## THE TASK
Copy out every line in the entries below that includes "usize".

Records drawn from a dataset

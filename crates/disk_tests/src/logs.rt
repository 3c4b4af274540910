//! Logs that are opened on a disk.

use edit_log::{EditLog, LogFault};
use febe_data::{List, Memory};
use green_fakes::MemoryDisk;
use green_io::{Area, Disk};
use std::alloc::Global;

/// The body of the entry that creates document 1.1.0.1.0.1, by session 1 with the serial 3 at the moment 1003, and a byte 0.
pub(crate) const CREATE: [u8; 60] = [
    0, 0, 0, 0, 0, 0, 0, 51, 2, 0, 0, 0, 0, 0, 0, 3, 235, 0, 0, 0, 0, 0, 0, 0, 1, 0, 0, 0, 0, 0, 0,
    0, 3, 1, 6, 0, 0, 0, 1, 0, 0, 0, 1, 0, 0, 0, 0, 0, 0, 0, 1, 0, 0, 0, 0, 0, 0, 0, 1, 0,
];

/// The same in the format of before, without the byte.
pub(crate) const OLD_CREATE: [u8; 47] = [
    0, 0, 0, 43, 1, 0, 0, 0, 0, 0, 0, 0, 1, 0, 0, 0, 0, 0, 0, 0, 3, 1, 6, 0, 0, 0, 1, 0, 0, 0, 1,
    0, 0, 0, 0, 0, 0, 0, 1, 0, 0, 0, 0, 0, 0, 0, 1,
];

/// A call that no log here comes to.
const FAR: u64 = 1_000;

/// How many calls of a disk an opening makes of an empty one: as many fewer as it can still make before the call [`FAR`],
/// which fails.
pub(crate) fn calls_to_open(alloc: Global) -> Result<u64, Memory> {
    let mut disk = MemoryDisk::new(alloc, List::from_slice(alloc, &[FAR])?);
    let _ = open(alloc, &mut disk)?;
    for left in 0..FAR {
        let Ok(_) = disk.length(Area::Home) else {
            return Ok(FAR - 1 - left);
        };
    }
    Ok(0)
}

/// A disk with these bytes in an area, none of whose calls fail.
pub(crate) fn disk_with(alloc: Global, area: Area, bytes: &[u8]) -> Result<MemoryDisk, Memory> {
    let mut disk = MemoryDisk::new(alloc, List::new(alloc));
    let Ok(()) = disk.write(area, 0, bytes) else {
        return Err(Memory);
    };
    Ok(disk)
}

/// Opens a log that is not damaged.
pub(crate) fn open(alloc: Global, disk: &mut MemoryDisk) -> Result<EditLog, Memory> {
    match EditLog::open(alloc, disk) {
        Ok((log, _entries)) => Ok(log),
        Err(_fault) => Err(Memory),
    }
}

/// How many entries a log is opened with.
pub(crate) fn count_entries<D: Disk>(alloc: Global, disk: &mut D) -> Result<usize, LogFault> {
    let (_, entries) = EditLog::open(alloc, disk)?;
    Ok(entries.len())
}

/// How many entries the log of an image is opened with.
pub(crate) fn count_left(
    alloc: Global,
    disk: &MemoryDisk,
    moment: u64,
    pick: u64,
) -> Result<usize, LogFault> {
    let Ok(mut image) = disk.crash(moment, pick) else {
        return Err(LogFault::Memory);
    };
    count_entries(alloc, &mut image)
}
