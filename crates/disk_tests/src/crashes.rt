//! What a crash leaves of a log at each moment of an opening, three appends, one that fails, and its mend.

use crate::logs::{CREATE, OLD_CREATE, calls_to_open, count_left, disk_with, open};
use edit_log::Appended;
use febe_data::List;
use green_fakes::MemoryDisk;
use green_io::Area;
use std::alloc::Global;
use std::process::Abort;
use std::test::Fail;

/// Checks how many entries the images after so many calls are opened with.
fn check_moment(
    rt: &impl Abort,
    alloc: Global,
    disk: &MemoryDisk,
    moment: u64,
    least: usize,
    most: usize,
) -> Result<(), Fail> {
    for pick in 0..16 {
        let count = count_left(alloc, disk, moment, pick);
        let holds = match count {
            Ok(count) => least <= count && count <= most,
            Err(_) => false,
        };
        assert!(rt; holds);
    }
    Ok(())
}

/// Checks each moment. The opening has so many calls, and each append the next four.
fn check_moments(
    rt: &impl Abort,
    alloc: Global,
    disk: &MemoryDisk,
    opening: u64,
) -> Result<(), Fail> {
    for moment in 0..opening.saturating_add(20) {
        let behind = moment.saturating_sub(opening);
        let done = (behind / 4).min(3) as usize;
        let begun = (behind.saturating_add(3) / 4).min(4) as usize;
        check_moment(rt, alloc, disk, moment, done, begun)?;
    }
    Ok(())
}

/// Appends three entries and one more, of whose four calls this one fails, and takes that one back.
fn check_failing(rt: &impl Abort, alloc: Global, opening: u64, call: u64) -> Result<(), Fail> {
    let failing = opening.saturating_add(12).saturating_add(call);
    let mut disk = MemoryDisk::new(alloc, List::from_slice(alloc, &[failing])?);
    let bytes = List::from_slice(alloc, &CREATE)?;
    let mut log = open(alloc, &mut disk)?;
    for wanted in [Appended::Ok, Appended::Ok, Appended::Ok, Appended::Disk] {
        assert_eq!(rt; log.append(&mut disk, &bytes), wanted);
    }
    assert!(rt; log.pending());
    check_moments(rt, alloc, &disk, opening)?;
    assert_eq!(rt; log.mend(&mut disk), Appended::Ok);
    check_moments(rt, alloc, &disk, opening)?;
    check_moment(rt, alloc, &disk, u64::MAX, 3, 3)
}

#[test]
fn images_of_appends(rt: HostRuntime) -> Result<(), Fail> {
    let opening = calls_to_open(rt.alloc())?;
    for call in 1..5u64 {
        check_failing(&rt, rt.alloc(), opening, call)?;
    }
    Ok(())
}

/// Opens a log of before with one entry and a last gate that is not 0. It is stable after two calls.
#[test]
fn images_of_an_opening(rt: HostRuntime) -> Result<(), Fail> {
    let alloc = rt.alloc();
    let mut bytes = List::from_slice(alloc, &[1])?;
    bytes.extend_from_slice(&OLD_CREATE)?;
    bytes.push(7)?;
    let mut disk = disk_with(alloc, Area::Log, bytes.as_slice())?;
    let _ = open(alloc, &mut disk)?;
    for moment in 2..40u64 {
        check_moment(&rt, alloc, &disk, moment, 1, 1)?;
    }
    check_moment(&rt, alloc, &disk, 0, 0, 0)
}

## RESPONSE
pub(crate) fn count_entries<D: Disk>(alloc: Global, disk: &mut D) -> Result<usize, LogFault> {
) -> Result<usize, LogFault> {
    least: usize,
    most: usize,
        let done = (behind / 4).min(3) as usize;
        let begun = (behind.saturating_add(3) / 4).min(4) as usize;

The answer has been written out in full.